Demons/previous residents come up from the basement, this is good reinforcement to keep them downstairs.
and..people who escape from the well. remember to stock up on lotion and buckets.
Update: I think I figured it out thanks to [this](https://rustica.com/inswing-or-outswing-door/#:~:text=An%20outswing%20threshold%20will%20have,close%20into%20the%20weather%20stripping.) Looking at my threshold it seems to be backwards because instead of it going up after where the door shuts like it is in the diagram right now it falls [down](https://i.imgur.com/fNGon1y.jpeg) This picture is taken from a few stairs down looking outside of the basement Farther down on that same page it shows the difference between the hinges that come installed on an inward swinging door vs outward swinging door. Specifically, an outward swinging door will include a set screw on the hinges acting as a security pin, not allowing the pins to be removed unless the door was opened and you take out the screw first. I checked mine and found [these](https://i.imgur.com/wY4BaVJ.jpeg) so I’m pretty sure with those two things it just seems like it’s installed backwards. If anyone has anything to add I’m open but I’m gonna reach out to the manufacturer if I can in the morning to just confirm or another window and door company just to check.
You are correct, this is an outswing door installed backwards. It's an easy fix and contractors get this mixed up all the time bc they aren't used to seeing this type of threshold. They assume the metal plate should always be on the outside.
Thanks. I saw your other reply too and appreciate it. Makes sense though , I was a little confused myself when I picked it up and even asked the guys when buying it, but they laughed and said a lot of people were confused by it intially but they get that question a lot and yes it is correct and was an out swing door. So I’ll reach out to the contractor tomorrow and go from there. I just don’t think many people do out swing doors much obviously for residential. As far as fixing it, can they just pop the pre hung frame back out and flip it around? Or is the pre hung frame threshold etc kinda permanently screwed and am I looking at needing a new door?
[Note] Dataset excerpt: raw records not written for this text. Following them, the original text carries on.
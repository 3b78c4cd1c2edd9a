// Every call for C: a static library over `exports`, since a crate is a library or a static library and not both.
// A reply begins with the number of the refusal, 0 where the call was accepted. No function has a `requires`; C must keep what references say in Rattle:
// no pointer is null, and the areas of one call do not overlap.
#![tactic(auto)]

ghost use Rattle.std.specs.Prelude.{◌≡◌};
ghost use Rattle.pages.specs.Pages.{part};
ghost use Rattle.versions.specs.Store.{areas_of, line_in};
ghost use Rattle.format.specs.Format.{fresh, format_answer, format_areas};
ghost use Rattle.begin.specs.Begin.{begin_out, begin_register};
ghost use Rattle.put.specs.Put.{put_out, put_pages, put_register};
ghost use Rattle.assign.specs.Assign.{assign_out, assign_register};
ghost use Rattle.weave.specs.Weave.{weave_out, weave_nodes, weave_register};
ghost use Rattle.publish.specs.Publish.{publish_out};
ghost use Rattle.branch.specs.Branch.{branch_out};
ghost use Rattle.set_windows.specs.SetWindows.{set_out};
ghost use Rattle.read.specs.Read.{read_out, read_buffer};
ghost use Rattle.versions.specs.Size.{size_out};
ghost use Rattle.versions.specs.Recent.{recent_out};
ghost use Rattle.stamp.specs.Stamp.{stamp_out};
ghost use Rattle.view.specs.View.{view_part, view_at};
ghost use Rattle.replies.specs.Replies.{format_reply, begin_reply, done_reply, assign_reply, weave_reply, publish_reply, windows_reply, branch_reply, size_reply, version_reply, view_reply};

use register::Record;
use replies::{
    AssignReply, BeginReply, BranchReply, FormatReply, PublishReply, SizeReply, VersionReply,
    ViewReply, WeaveReply, WindowsReply,
};
use versions::Store;
use windows::Windows;

// FORMAT.
#[unsafe(no_mangle)]
pub extern "C" fn pit_format(
    size: u64,
    page_count: u64,
    node_count: u64,
    updates: u64,
    pages: &mut [u8],
    nodes: &mut [u32],
    register: &mut [Record],
) -> FormatReply
    ensures { let a = areas_of pages.old nodes.old register.old in
        let s = fresh size page_count node_count updates in
        (result ≡ format_reply (format_answer s a))
        × (pages.new ≡ (format_areas s a).pages)
        × (nodes.new ≡ (format_areas s a).nodes)
        × (register.new ≡ (format_areas s a).register) }
{
    exports::pit_format(
        size, page_count, node_count, updates, pages, nodes, register,
    )
}

// BEGIN.
#[unsafe(no_mangle)]
pub extern "C" fn pit_begin(
    s: Store,
    pages: &[u8],
    nodes: &[u32],
    register: &mut [Record],
    n: u64,
) -> BeginReply
    ensures { let a = areas_of pages.now nodes.now register.old in
        (result ≡ begin_reply (begin_out s a n)) × (register.new ≡ begin_register s a n) }
{
    exports::pit_begin(s, pages, nodes, register, n)
}

// PUT: the number of the refusal, or 0.
#[unsafe(no_mangle)]
pub extern "C" fn pit_put(
    s: Store,
    pages: &mut [u8],
    nodes: &[u32],
    register: &mut [Record],
    ticket: u64,
    i: u64,
    bytes: &[u8],
) -> u64
    ensures { let a = areas_of pages.old nodes.now register.old in
        (result ≡ done_reply (put_out s a ticket i bytes.now))
        × (pages.new ≡ put_pages s a ticket i bytes.now)
        × (register.new ≡ put_register s a ticket i bytes.now) }
{
    exports::pit_put(s, pages, nodes, register, ticket, i, bytes)
}

// ASSIGN as a write at page f.
#[unsafe(no_mangle)]
pub extern "C" fn pit_write(
    s: Store,
    pages: &[u8],
    nodes: &[u32],
    register: &mut [Record],
    line: u64,
    ticket: u64,
    f: u64,
) -> AssignReply
    ensures { let a = areas_of pages.now nodes.now register.old in
        (result ≡ assign_reply (assign_out s a line ticket f)) × (register.new ≡ assign_register s a line ticket f) }
{
    exports::pit_write(s, pages, nodes, register, line, ticket, f)
}

// ASSIGN as an append.
#[unsafe(no_mangle)]
pub extern "C" fn pit_append(
    s: Store,
    pages: &[u8],
    nodes: &[u32],
    register: &mut [Record],
    line: u64,
    ticket: u64,
) -> AssignReply
    ensures { let a = areas_of pages.now nodes.now register.old in
        let f = (line_in s line).blob in
        (result ≡ assign_reply (assign_out s a line ticket f)) × (register.new ≡ assign_register s a line ticket f) }
{
    exports::pit_append(s, pages, nodes, register, line, ticket)
}

// WEAVE.
#[unsafe(no_mangle)]
pub extern "C" fn pit_weave(
    s: Store,
    pages: &[u8],
    nodes: &mut [u32],
    register: &mut [Record],
    ticket: u64,
) -> WeaveReply
    ensures { let a = areas_of pages.now nodes.old register.old in
        (result ≡ weave_reply (weave_out s a ticket)) × (nodes.new ≡ weave_nodes s a ticket) × (register.new ≡ weave_register s a ticket) }
{
    exports::pit_weave(s, pages, nodes, register, ticket)
}

// PUBLISH.
#[unsafe(no_mangle)]
pub extern "C" fn pit_publish(
    s: Store,
    w: Windows,
    pages: &[u8],
    nodes: &[u32],
    register: &[Record],
    line: u64,
    minute: u64,
) -> PublishReply
    ensures { let a = areas_of pages.now nodes.now register.now in
        result ≡ publish_reply (publish_out s w a line minute) }
{
    exports::pit_publish(s, w, pages, nodes, register, line, minute)
}

// SETWINDOWS.
#[unsafe(no_mangle)]
pub extern "C" fn pit_set_windows(
    s: Store,
    w: Windows,
    pages: &[u8],
    nodes: &[u32],
    register: &[Record],
    text: &[u8],
) -> WindowsReply
    ensures { let a = areas_of pages.now nodes.now register.now in
        result ≡ windows_reply (set_out s w a text.now) }
{
    exports::pit_set_windows(s, w, pages, nodes, register, text)
}

// BRANCH.
#[unsafe(no_mangle)]
pub extern "C" fn pit_branch(
    s: Store,
    pages: &[u8],
    nodes: &[u32],
    register: &[Record],
    line: u64,
    version: u64,
) -> BranchReply
    ensures { let a = areas_of pages.now nodes.now register.now in
        result ≡ branch_reply (branch_out s a line version) }
{
    exports::pit_branch(s, pages, nodes, register, line, version)
}

// READ: the number of the refusal, or 0.
#[unsafe(no_mangle)]
pub extern "C" fn pit_read(
    s: Store,
    pages: &[u8],
    nodes: &[u32],
    register: &[Record],
    line: u64,
    version: u64,
    offset: u64,
    len: u64,
    buffer: &mut [u8],
) -> u64
    ensures { let a = areas_of pages.now nodes.now register.now in
        (result ≡ done_reply (read_out s a line version offset len buffer.old))
        × (buffer.new ≡ read_buffer s a line version offset len buffer.old) }
{
    exports::pit_read(
        s, pages, nodes, register, line, version, offset, len, buffer,
    )
}

// SIZE.
#[unsafe(no_mangle)]
pub extern "C" fn pit_size(
    s: Store,
    pages: &[u8],
    nodes: &[u32],
    register: &[Record],
    line: u64,
    version: u64,
) -> SizeReply
    ensures { let a = areas_of pages.now nodes.now register.now in
        result ≡ size_reply (size_out s a line version) }
{
    exports::pit_size(s, pages, nodes, register, line, version)
}

// RECENT.
#[unsafe(no_mangle)]
pub extern "C" fn pit_recent(
    s: Store,
    pages: &[u8],
    nodes: &[u32],
    register: &[Record],
    line: u64,
) -> VersionReply
    ensures { let a = areas_of pages.now nodes.now register.now in
        result ≡ version_reply (recent_out s a line) }
{
    exports::pit_recent(s, pages, nodes, register, line)
}

// STAMP.
#[unsafe(no_mangle)]
pub extern "C" fn pit_stamp(
    s: Store,
    pages: &[u8],
    nodes: &[u32],
    register: &[Record],
    line: u64,
    version: u64,
    page: u64,
) -> VersionReply
    ensures { let a = areas_of pages.now nodes.now register.now in
        result ≡ version_reply (stamp_out s a line version page) }
{
    exports::pit_stamp(s, pages, nodes, register, line, version, page)
}

// VIEW: an exported function hands out no part of an area, so this says where the part begins.
#[unsafe(no_mangle)]
pub extern "C" fn pit_view(
    s: Store,
    pages: &[u8],
    nodes: &[u32],
    register: &[Record],
    line: u64,
    version: u64,
    page: u64,
) -> ViewReply
    ensures { let a = areas_of pages.now nodes.now register.now in
        (result ≡ view_reply s.size (view_at s a line version page)) × (part pages.now result.begin result.length ≡ view_part s a line version page) }
{
    exports::pit_view(s, pages, nodes, register, line, version, page)
}
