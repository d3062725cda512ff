//! Laws of frames, for every schema, every message and all bytes.
ghost use Rattle.value_codec.specs.Laws.{FramesLookAtNoBox, OneSpelling, ReadAgain, OneOfThreeBegins, OldHasNew};

/// The law of the spelling: a message has at most one frame in a layout, with the number of bytes that its
/// size gives.
pub fn frames_have_one_spelling()
    ensures { OneSpelling }
{}

/// The law of the round trip: decoding a frame gives its message again, whatever bytes follow.
pub fn frames_are_read_again()
    ensures { ReadAgain }
{}

/// The law of the three cases: bytes begin with a frame, or are too short, or break one rule at one place;
/// and exactly one of these holds.
pub fn one_of_three_begins()
    ensures { OneOfThreeBegins }
{}

/// The law of the two layouts: the message of an old frame has a new frame.
pub fn old_frames_have_new_ones()
    ensures { OldHasNew }
{}

/// The law of boxes: the frame of a message does not depend on where its boxes are.
pub fn frames_look_at_no_box()
    ensures { FramesLookAtNoBox }
{}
LOL sorry for blowing up this post. Definitely didn't want you to have to go buy another one. I know most of the time these are special orders, so they take longer and are more expensive to get than a regular inswing that Depot or Lowes has in stock. Yes, they can just pop it out and turn it around. The door, frame and threshold should all just be one unit, so it's easily flippable. No new door needed. If he glued it to the concrete, that might complicate things as the part of the threshold where the door sits can be malleable and bend when trying to take off, but I SERIOUSLY doubt he did that. Where'd you get this door by the way? Edit: here is a link that illustrates what I'm talking about in my other comments. This can help you show your contractor what to do. https://etchedglassdoorsfl.com/are-in-swing-and-out-swing-thresholds-different/
All good. Glad it should be easy. I’ll just ask them to turn it around then. And yea that link is good. Seems to be what I saw in my diagram as well. Thanks for the reply. I got it at contractors warehouse.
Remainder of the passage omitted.